## RECORDS:

=-=-=

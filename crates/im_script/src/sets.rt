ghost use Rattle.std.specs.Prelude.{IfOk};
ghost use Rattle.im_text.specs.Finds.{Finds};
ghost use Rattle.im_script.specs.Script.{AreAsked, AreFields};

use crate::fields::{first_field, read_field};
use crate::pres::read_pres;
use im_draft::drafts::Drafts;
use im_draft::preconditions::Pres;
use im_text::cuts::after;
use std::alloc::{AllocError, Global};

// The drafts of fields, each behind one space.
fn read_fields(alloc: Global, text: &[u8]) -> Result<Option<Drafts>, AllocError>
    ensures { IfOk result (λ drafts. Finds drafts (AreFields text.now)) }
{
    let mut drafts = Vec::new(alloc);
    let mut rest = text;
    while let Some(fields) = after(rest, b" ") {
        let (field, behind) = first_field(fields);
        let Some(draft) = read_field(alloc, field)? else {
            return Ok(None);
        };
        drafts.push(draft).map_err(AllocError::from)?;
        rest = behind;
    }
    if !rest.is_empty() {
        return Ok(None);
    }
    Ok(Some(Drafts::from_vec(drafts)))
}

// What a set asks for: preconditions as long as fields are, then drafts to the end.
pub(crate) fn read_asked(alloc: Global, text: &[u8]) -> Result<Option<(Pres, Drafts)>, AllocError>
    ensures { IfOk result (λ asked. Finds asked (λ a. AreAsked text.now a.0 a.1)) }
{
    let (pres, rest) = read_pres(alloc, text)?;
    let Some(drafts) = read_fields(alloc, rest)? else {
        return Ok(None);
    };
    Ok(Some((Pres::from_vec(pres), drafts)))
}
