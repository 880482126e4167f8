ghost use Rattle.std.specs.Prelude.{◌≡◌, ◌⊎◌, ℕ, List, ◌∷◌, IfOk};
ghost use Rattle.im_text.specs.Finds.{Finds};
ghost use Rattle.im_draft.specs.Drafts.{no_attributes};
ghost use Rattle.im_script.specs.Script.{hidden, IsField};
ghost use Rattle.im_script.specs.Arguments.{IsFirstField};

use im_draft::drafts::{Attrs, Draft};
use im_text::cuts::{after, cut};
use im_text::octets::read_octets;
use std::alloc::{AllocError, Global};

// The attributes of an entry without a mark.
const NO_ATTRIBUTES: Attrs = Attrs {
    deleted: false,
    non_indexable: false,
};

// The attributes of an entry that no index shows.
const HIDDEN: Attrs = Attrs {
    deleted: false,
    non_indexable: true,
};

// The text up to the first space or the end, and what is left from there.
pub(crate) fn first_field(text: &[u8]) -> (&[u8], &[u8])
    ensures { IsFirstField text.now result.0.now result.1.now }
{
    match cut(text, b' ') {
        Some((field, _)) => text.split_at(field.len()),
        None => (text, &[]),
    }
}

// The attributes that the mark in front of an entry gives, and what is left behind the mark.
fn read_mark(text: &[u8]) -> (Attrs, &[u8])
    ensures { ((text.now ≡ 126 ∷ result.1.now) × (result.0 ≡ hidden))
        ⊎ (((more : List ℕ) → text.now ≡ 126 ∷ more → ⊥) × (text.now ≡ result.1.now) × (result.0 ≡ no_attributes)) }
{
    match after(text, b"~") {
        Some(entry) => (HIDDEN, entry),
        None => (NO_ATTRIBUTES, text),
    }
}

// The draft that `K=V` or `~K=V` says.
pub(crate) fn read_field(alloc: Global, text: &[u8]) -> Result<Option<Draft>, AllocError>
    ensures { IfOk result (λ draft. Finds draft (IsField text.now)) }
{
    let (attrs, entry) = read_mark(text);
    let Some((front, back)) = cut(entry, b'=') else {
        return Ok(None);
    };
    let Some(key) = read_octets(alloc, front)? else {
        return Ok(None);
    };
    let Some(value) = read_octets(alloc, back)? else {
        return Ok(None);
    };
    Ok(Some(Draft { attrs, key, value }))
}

=-=-=

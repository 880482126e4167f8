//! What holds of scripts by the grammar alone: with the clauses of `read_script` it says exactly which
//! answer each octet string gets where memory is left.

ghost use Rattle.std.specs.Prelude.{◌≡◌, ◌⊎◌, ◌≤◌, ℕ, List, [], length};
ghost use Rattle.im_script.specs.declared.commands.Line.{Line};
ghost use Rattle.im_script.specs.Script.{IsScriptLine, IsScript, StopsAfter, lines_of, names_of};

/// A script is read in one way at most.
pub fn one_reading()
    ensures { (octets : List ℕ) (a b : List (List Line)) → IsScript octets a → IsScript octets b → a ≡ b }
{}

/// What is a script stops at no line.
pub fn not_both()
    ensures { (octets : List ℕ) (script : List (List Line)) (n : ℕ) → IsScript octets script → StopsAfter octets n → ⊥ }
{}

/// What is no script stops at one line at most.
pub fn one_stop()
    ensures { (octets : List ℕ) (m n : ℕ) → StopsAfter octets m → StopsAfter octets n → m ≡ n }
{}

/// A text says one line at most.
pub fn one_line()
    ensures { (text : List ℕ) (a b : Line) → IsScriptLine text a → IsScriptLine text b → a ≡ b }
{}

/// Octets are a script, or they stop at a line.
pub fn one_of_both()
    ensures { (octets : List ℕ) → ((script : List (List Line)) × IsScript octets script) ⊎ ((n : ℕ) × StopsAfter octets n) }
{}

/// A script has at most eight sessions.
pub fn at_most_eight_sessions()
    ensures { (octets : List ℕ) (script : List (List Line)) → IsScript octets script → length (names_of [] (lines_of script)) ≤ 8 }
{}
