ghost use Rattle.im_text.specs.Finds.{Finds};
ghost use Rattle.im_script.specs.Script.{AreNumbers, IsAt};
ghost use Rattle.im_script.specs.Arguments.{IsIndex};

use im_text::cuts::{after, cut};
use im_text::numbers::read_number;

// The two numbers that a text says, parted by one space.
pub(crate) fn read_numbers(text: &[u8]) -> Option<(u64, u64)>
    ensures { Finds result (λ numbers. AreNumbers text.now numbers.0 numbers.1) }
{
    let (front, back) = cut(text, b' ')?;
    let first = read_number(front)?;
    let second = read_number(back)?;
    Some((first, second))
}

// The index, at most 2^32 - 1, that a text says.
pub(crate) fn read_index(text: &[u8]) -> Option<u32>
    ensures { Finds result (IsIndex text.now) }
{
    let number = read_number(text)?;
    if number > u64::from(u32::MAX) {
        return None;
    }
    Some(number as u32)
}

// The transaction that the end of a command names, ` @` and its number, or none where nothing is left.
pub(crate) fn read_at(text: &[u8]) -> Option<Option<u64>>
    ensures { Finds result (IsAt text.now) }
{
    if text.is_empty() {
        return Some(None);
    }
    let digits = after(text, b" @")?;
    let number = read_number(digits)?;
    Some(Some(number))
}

=-=-=

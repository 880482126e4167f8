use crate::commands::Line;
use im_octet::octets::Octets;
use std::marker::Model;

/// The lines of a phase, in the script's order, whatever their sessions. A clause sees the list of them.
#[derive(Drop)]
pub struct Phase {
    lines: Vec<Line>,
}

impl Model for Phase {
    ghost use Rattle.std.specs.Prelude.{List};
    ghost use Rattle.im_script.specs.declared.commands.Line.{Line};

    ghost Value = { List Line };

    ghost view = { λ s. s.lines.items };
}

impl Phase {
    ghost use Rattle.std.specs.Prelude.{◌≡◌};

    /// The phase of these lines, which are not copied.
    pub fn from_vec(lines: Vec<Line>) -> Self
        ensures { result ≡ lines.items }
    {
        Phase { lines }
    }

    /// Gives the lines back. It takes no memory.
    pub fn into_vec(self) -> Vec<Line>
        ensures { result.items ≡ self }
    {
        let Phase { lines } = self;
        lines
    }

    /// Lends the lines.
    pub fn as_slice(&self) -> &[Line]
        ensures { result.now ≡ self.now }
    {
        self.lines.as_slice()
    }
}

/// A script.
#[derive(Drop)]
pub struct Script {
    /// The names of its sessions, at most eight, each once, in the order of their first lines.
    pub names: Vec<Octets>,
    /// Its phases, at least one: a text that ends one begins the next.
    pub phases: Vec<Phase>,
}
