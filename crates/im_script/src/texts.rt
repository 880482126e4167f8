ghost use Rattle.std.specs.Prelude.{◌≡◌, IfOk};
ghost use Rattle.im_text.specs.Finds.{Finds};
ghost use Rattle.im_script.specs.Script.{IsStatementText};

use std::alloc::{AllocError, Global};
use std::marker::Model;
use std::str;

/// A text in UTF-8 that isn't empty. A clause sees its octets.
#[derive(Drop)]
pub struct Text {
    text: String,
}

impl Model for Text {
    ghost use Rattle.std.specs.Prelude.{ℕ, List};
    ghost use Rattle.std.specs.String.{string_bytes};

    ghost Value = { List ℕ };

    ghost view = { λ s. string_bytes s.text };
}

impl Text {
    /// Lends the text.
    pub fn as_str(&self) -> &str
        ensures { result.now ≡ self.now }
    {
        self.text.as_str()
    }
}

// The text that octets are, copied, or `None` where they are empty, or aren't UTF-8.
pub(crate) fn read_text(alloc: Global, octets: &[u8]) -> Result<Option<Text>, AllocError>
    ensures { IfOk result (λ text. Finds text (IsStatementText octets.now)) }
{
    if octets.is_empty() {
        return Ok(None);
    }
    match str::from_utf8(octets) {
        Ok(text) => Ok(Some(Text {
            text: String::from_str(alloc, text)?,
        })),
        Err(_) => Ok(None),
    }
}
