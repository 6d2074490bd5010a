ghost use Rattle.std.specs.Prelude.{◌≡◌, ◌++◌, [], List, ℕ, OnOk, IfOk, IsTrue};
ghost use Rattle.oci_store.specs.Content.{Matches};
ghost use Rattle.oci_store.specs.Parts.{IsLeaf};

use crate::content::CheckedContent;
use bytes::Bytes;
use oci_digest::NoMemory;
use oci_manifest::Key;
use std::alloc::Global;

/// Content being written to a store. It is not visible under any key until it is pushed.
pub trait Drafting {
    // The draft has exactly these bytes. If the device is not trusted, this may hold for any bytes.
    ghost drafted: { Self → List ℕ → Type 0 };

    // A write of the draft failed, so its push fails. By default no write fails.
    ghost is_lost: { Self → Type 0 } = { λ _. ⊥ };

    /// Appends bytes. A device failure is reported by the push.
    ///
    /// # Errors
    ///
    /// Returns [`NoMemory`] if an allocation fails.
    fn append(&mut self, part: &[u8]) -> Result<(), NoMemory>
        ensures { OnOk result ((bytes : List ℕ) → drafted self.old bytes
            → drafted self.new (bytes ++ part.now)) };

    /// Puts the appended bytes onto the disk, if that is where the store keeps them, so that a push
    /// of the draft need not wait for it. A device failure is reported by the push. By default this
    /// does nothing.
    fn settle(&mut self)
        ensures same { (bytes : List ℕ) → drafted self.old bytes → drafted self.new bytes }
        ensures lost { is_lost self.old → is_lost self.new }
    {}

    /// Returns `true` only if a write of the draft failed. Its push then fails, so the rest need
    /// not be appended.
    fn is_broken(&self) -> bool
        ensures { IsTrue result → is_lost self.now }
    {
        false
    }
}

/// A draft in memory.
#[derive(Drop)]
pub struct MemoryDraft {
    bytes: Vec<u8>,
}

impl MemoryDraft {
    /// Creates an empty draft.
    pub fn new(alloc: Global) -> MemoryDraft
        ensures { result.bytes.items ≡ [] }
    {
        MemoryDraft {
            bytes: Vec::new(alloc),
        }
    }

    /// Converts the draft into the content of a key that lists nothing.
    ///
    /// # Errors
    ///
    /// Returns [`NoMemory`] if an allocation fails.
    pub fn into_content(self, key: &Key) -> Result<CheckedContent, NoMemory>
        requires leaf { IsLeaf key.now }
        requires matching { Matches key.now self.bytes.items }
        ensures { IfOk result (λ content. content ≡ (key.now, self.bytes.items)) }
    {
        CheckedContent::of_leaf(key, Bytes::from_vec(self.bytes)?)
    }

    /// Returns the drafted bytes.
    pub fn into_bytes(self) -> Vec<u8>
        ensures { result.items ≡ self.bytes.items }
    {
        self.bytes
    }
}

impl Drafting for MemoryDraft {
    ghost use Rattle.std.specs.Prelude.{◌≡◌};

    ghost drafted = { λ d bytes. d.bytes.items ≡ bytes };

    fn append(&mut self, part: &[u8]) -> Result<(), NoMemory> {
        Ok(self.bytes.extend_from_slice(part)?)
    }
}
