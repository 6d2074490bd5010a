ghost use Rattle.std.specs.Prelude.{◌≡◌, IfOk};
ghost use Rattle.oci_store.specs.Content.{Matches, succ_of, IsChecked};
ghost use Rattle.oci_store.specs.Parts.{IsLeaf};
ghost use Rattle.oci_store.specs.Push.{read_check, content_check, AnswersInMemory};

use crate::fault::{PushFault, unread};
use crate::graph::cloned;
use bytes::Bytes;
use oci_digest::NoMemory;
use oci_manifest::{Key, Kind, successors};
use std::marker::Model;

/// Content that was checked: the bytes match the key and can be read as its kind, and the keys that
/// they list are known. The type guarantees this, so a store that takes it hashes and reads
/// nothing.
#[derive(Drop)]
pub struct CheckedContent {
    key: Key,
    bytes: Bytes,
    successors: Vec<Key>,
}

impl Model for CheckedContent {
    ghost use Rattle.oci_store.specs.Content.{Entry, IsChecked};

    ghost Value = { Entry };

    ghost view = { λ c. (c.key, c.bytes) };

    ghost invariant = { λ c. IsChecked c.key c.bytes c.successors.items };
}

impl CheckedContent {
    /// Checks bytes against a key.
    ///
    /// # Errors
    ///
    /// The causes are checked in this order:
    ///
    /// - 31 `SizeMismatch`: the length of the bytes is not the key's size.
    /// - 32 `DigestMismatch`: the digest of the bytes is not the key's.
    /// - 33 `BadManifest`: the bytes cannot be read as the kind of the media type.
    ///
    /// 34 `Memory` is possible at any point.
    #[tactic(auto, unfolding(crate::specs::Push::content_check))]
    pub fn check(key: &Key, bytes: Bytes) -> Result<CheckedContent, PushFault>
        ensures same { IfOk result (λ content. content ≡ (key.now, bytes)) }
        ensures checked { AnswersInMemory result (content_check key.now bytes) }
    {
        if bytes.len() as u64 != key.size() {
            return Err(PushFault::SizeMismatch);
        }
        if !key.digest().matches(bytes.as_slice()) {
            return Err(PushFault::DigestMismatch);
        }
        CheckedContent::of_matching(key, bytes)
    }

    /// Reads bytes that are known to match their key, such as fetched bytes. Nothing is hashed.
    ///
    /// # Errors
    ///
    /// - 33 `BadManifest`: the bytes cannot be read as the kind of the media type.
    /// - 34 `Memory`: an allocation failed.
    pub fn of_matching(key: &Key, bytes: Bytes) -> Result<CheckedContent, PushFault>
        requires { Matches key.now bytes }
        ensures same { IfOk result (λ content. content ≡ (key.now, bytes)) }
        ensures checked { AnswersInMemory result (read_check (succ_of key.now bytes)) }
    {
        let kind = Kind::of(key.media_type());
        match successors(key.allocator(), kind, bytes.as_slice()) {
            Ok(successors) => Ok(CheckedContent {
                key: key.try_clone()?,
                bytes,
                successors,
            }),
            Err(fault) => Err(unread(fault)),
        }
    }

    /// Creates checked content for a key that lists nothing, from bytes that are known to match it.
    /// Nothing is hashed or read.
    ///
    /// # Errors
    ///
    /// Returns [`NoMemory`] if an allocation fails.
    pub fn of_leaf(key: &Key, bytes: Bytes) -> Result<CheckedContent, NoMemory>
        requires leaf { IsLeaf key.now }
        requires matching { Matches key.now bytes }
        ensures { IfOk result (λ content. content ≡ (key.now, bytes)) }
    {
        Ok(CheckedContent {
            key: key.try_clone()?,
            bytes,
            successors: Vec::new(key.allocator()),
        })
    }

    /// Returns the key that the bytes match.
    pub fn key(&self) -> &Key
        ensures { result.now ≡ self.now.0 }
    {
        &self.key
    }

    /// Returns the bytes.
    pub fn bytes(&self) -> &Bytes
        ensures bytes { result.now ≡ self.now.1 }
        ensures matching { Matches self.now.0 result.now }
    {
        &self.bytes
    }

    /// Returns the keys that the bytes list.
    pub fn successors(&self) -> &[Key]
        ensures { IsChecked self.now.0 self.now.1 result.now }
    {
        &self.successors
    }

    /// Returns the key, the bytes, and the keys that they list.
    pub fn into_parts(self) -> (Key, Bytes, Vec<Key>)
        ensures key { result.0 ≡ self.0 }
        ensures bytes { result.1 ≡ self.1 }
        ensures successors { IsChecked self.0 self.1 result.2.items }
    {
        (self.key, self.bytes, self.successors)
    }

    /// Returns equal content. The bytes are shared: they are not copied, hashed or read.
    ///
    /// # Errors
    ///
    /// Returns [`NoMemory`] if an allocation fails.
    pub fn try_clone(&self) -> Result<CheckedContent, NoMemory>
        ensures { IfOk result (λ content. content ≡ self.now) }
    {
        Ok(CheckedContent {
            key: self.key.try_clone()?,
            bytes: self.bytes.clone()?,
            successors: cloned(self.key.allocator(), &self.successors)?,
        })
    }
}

=-=-=

## YOUR INSTRUCTIONS:
Of the entries above, repeat exactly the lines from the line with "self.lines.as_slice()" through the line with "pub fn as_str(&self) -> &str", both of them included.

## FINAL ANSWER:
        self.lines.as_slice()
    }
}

/// A script.
#[derive(Drop)]
pub struct Script {
    /// The names of its sessions, at most eight, each once, in the order of their first lines.
    pub names: Vec<Octets>,
    /// Its phases, at least one: a text that ends one begins the next.
    pub phases: Vec<Phase>,
}
filename crates/im_script/src/texts.rt
repository 880482126e4167f8
ghost use Rattle.std.specs.Prelude.{◌≡◌, IfOk};
ghost use Rattle.im_text.specs.Finds.{Finds};
ghost use Rattle.im_script.specs.Script.{IsStatementText};

use std::alloc::{AllocError, Global};
use std::marker::Model;
use std::str;

/// A text in UTF-8 that isn't empty. A clause sees its octets.
#[derive(Drop)]
pub struct Text {
    text: String,
}

impl Model for Text {
    ghost use Rattle.std.specs.Prelude.{ℕ, List};
    ghost use Rattle.std.specs.String.{string_bytes};

    ghost Value = { List ℕ };

    ghost view = { λ s. string_bytes s.text };
}

impl Text {
    /// Lends the text.
    pub fn as_str(&self) -> &str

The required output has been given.